Corsha lands $12M to bring MFA security to machine-to-machine API traffic

Corsha, a Washington, D.C.-based cybersecurity startup, has secured a $12 million Series A investment to bring multi-factor authentication (MFA) to machine-to-machine API traffic.

APIs, which allow two applications on the internet to talk to each other, became central to organizations’ digital transformation efforts during the pandemic. This has made APIs a prime target for malicious hackers, with Gartner predicting that APIs will make up the largest attack vector in cybercrime by this year. API vulnerabilities have recently been the cause of a number of high-profile security breaches: Peloton spilled users’ private account information; Experian exposed the financial histories of millions of Americans; and Facebook, LinkedIn and Clubhouse all had user data scraped because of poorly secured APIs.

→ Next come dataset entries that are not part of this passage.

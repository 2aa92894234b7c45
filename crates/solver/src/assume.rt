//! The assumptions of a question, each at a level of its own.
ghost use Rattle.std.specs.Prelude.{◌≡◌, ℕ, ◌*◌, ◌<◌, ◌≤◌, IfOk, IfSome, OnOk, Ok, None, true, false};
ghost use Rattle.clause_pool.specs.Literal.{complement};
ghost use Rattle.clause_pool.specs.Clause.{has};
ghost use Rattle.propagate.specs.Quiet.{Quiet, IsConsistent};
ghost use Rattle.propagate.specs.Trail.{AreLiterals, level};
ghost use Rattle.solver.specs.Answer.{AreHeld};
ghost use Rattle.solver.specs.Search.{IsSettled, IsAssumed, AreOpened, IsClosing};

use clause_pool::{Lit, Pool, Ref};
use pb_base::Memory;
use propagate::Engine;

// Propagates where only assumptions were assumed, and gives the clause that is false then, if one is.
fn propagate_assumed(
    engine: &mut Engine,
    pool: &Pool,
    assumptions: &[Lit],
) -> Result<Option<Ref>, Memory>
    requires attached { pool.now.clauses ≡ engine.old.clauses }
    requires settled { IsSettled engine.old }
    requires opened { AreOpened assumptions.now engine.old }
    ensures clauses { engine.new.clauses ≡ engine.old.clauses }
    ensures vars { engine.new.vars ≡ engine.old.vars }
    ensures settled { OnOk result (IsSettled engine.new) }
    ensures opened { OnOk result (AreOpened assumptions.now engine.new) }
    ensures kept { OnOk result (AreHeld engine.old.lits engine.new.lits) }
    ensures closing { IfOk result (λ found. IfSome found (IsClosing engine.new assumptions.now)) }
    ensures quiet { result ≡ Ok None → Quiet engine.new.clauses engine.new.lits }
{
    engine.trail();
    let found = engine.propagate(pool)?;
    engine.trail();
    Ok(found)
}

// Assumes an assumption that has no value, and propagates it.
fn assume_open(
    engine: &mut Engine,
    pool: &Pool,
    assumptions: &[Lit],
    lit: Lit,
) -> Result<Option<Ref>, Memory>
    requires attached { pool.now.clauses ≡ engine.old.clauses }
    requires below { lit < 2 * engine.old.vars }
    requires one { has assumptions.now lit ≡ true }
    requires not_true { has engine.old.lits lit ≡ false }
    requires not_false { has engine.old.lits (complement lit) ≡ false }
    requires quiet { Quiet engine.old.clauses engine.old.lits }
    requires settled { IsSettled engine.old }
    requires opened { AreOpened assumptions.now engine.old }
    ensures clauses { engine.new.clauses ≡ engine.old.clauses }
    ensures vars { engine.new.vars ≡ engine.old.vars }
    ensures settled { OnOk result (IsSettled engine.new) }
    ensures opened { OnOk result (AreOpened assumptions.now engine.new) }
    ensures kept { OnOk result (AreHeld engine.old.lits engine.new.lits) }
    ensures closing { IfOk result (λ found. IfSome found (IsClosing engine.new assumptions.now)) }
    ensures quiet { result ≡ Ok None → Quiet engine.new.clauses engine.new.lits }
    ensures held { OnOk result (has engine.new.lits lit ≡ true) }
{
    engine.trail();
    engine.assume(lit);
    let found = propagate_assumed(engine, pool, assumptions)?;
    Ok(found)
}

// Assumes an assumption unless it is true, and propagates it. The clause that shows why it can't be, if it can't.
fn assume_one(
    engine: &mut Engine,
    pool: &Pool,
    assumptions: &[Lit],
    lit: Lit,
) -> Result<Option<Ref>, Memory>
    requires attached { pool.now.clauses ≡ engine.old.clauses }
    requires below { lit < 2 * engine.old.vars }
    requires one { has assumptions.now lit ≡ true }
    requires consistent { IsConsistent assumptions.now }
    requires quiet { Quiet engine.old.clauses engine.old.lits }
    requires settled { IsSettled engine.old }
    requires opened { AreOpened assumptions.now engine.old }
    ensures clauses { engine.new.clauses ≡ engine.old.clauses }
    ensures vars { engine.new.vars ≡ engine.old.vars }
    ensures settled { OnOk result (IsSettled engine.new) }
    ensures opened { OnOk result (AreOpened assumptions.now engine.new) }
    ensures kept { OnOk result (AreHeld engine.old.lits engine.new.lits) }
    ensures closing { IfOk result (λ found. IfSome found (IsClosing engine.new assumptions.now)) }
    ensures quiet { result ≡ Ok None → Quiet engine.new.clauses engine.new.lits }
    ensures held { result ≡ Ok None → has engine.new.lits lit ≡ true }
{
    engine.trail();
    match engine.value(lit) {
        None => assume_open(engine, pool, assumptions, lit),
        Some(true) => Ok(None),
        Some(false) => {
            let Some(reason) = engine.reason(lit.var()) else {
                unreachable!();
            };
            Ok(Some(reason))
        }
    }
}

/// Assumes each of these literals that isn't true, one after the other, and propagates it. The clause that shows why they
/// can't hold together, if they can't.
pub(crate) fn assume_each(
    engine: &mut Engine,
    pool: &Pool,
    assumptions: &[Lit],
) -> Result<Option<Ref>, Memory>
    requires attached { pool.now.clauses ≡ engine.old.clauses }
    requires below { AreLiterals assumptions.now (2 * engine.old.vars) }
    requires consistent { IsConsistent assumptions.now }
    requires settled { IsSettled engine.old }
    requires opened { AreOpened assumptions.now engine.old }
    ensures clauses { engine.new.clauses ≡ engine.old.clauses }
    ensures vars { engine.new.vars ≡ engine.old.vars }
    ensures settled { OnOk result (IsSettled engine.new) }
    ensures opened { OnOk result (AreOpened assumptions.now engine.new) }
    ensures closing { IfOk result (λ found. IfSome found (IsClosing engine.new assumptions.now)) }
    ensures held { result ≡ Ok None → AreHeld assumptions.now engine.new.lits }
{
    let found = propagate_assumed(engine, pool, assumptions)?;
    if found.is_some() {
        return Ok(found);
    }
    for lit in assumptions {
        let found = assume_one(engine, pool, assumptions, *lit)?;
        if found.is_some() {
            return Ok(found);
        }
    }
    Ok(None)
}

/// Assumes them where the current level is below the level `depth`, from which on all of them hold: so it is at first,
/// and after a jump back behind the assumptions.
pub(crate) fn hold(
    engine: &mut Engine,
    pool: &Pool,
    assumptions: &[Lit],
    depth: &mut u32,
) -> Result<Option<Ref>, Memory>
    requires attached { pool.now.clauses ≡ engine.old.clauses }
    requires below { AreLiterals assumptions.now (2 * engine.old.vars) }
    requires consistent { IsConsistent assumptions.now }
    requires settled { IsSettled engine.old }
    requires assumed { IsAssumed assumptions.now depth.old engine.old }
    ensures clauses { engine.new.clauses ≡ engine.old.clauses }
    ensures vars { engine.new.vars ≡ engine.old.vars }
    ensures settled { OnOk result (IsSettled engine.new) }
    ensures closing { IfOk result (λ found. IfSome found (IsClosing engine.new assumptions.now)) }
    ensures assumed { result ≡ Ok None → IsAssumed assumptions.now depth.new engine.new }
    ensures deep { result ≡ Ok None → depth.new ≤ level engine.new }
{
    if engine.level() >= *depth {
        return Ok(None);
    }
    let found = assume_each(engine, pool, assumptions)?;
    *depth = engine.level();
    Ok(found)
}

In an effort to protect other organizations from suffering the same fate, Corsha has developed an automated MFA solution for machine-to-machine API traffic.

Typically, if an application or service wants to make an API call, it leverages a primary authentication factor like a PKI certificate or a JSON web token. Corsha toughens those requests with a one-time-use MFA credential built from the machine’s dynamic identity and checked against a cryptographically verifiable distributed ledger network. The API request is only accepted if there is a match between the MFA credential and that machine’s identity, and each API call requires a fresh, one-time-use credential, enabling zero-trust access for an organization’s API services.

“With human MFA, as soon as you get your authenticator downloaded and set up, you’re pinning access to your trusted machine. That’s what we’re doing in the API world,” Corsha co-founder and CTO Anusha Iyer told TechCrunch.

While MFA is by no means immune to hackers — threat actors have in the past been able to bypass MFA using SIM swap and man-in-the-middle (MITM) attacks — Corsha describes its patented technology as “MFA++.”

“We’re able to do this uniquely, in that there’s no central repository where we hold this secret master device where somebody could compromise us. We’ve flipped it, so the origin of the MFA happens on the machine itself. Keeping it out of sight of the attacker was key to us,” said Corsha’s co-founder and CEO Chris Simkins.

Prior to founding the startup in 2018, Simkin’s worked for the Department of Justice as part of its national security division.

The startup’s link to the U.S. government doesn’t stop there, as Corsha secured the U.S Air Force as its first customer back in 2020, which is using the technology to secure mission-critical data in motion across Air Force platforms. “Our first customer out of the block was the U.S. government, and that’s been a pretty good validator for us,” Simkins added.

The startup’s Series A investment, which was co-led by Ten Eleven Ventures and Razor’s Edge Ventures with participation from 1843 Capital, will see Corsha expand its go-to-market efforts in the enterprise. It’s also on a rapid hiring spree, Simkins tells TechCrunch, as it looks to bolster its current team of 10 employees.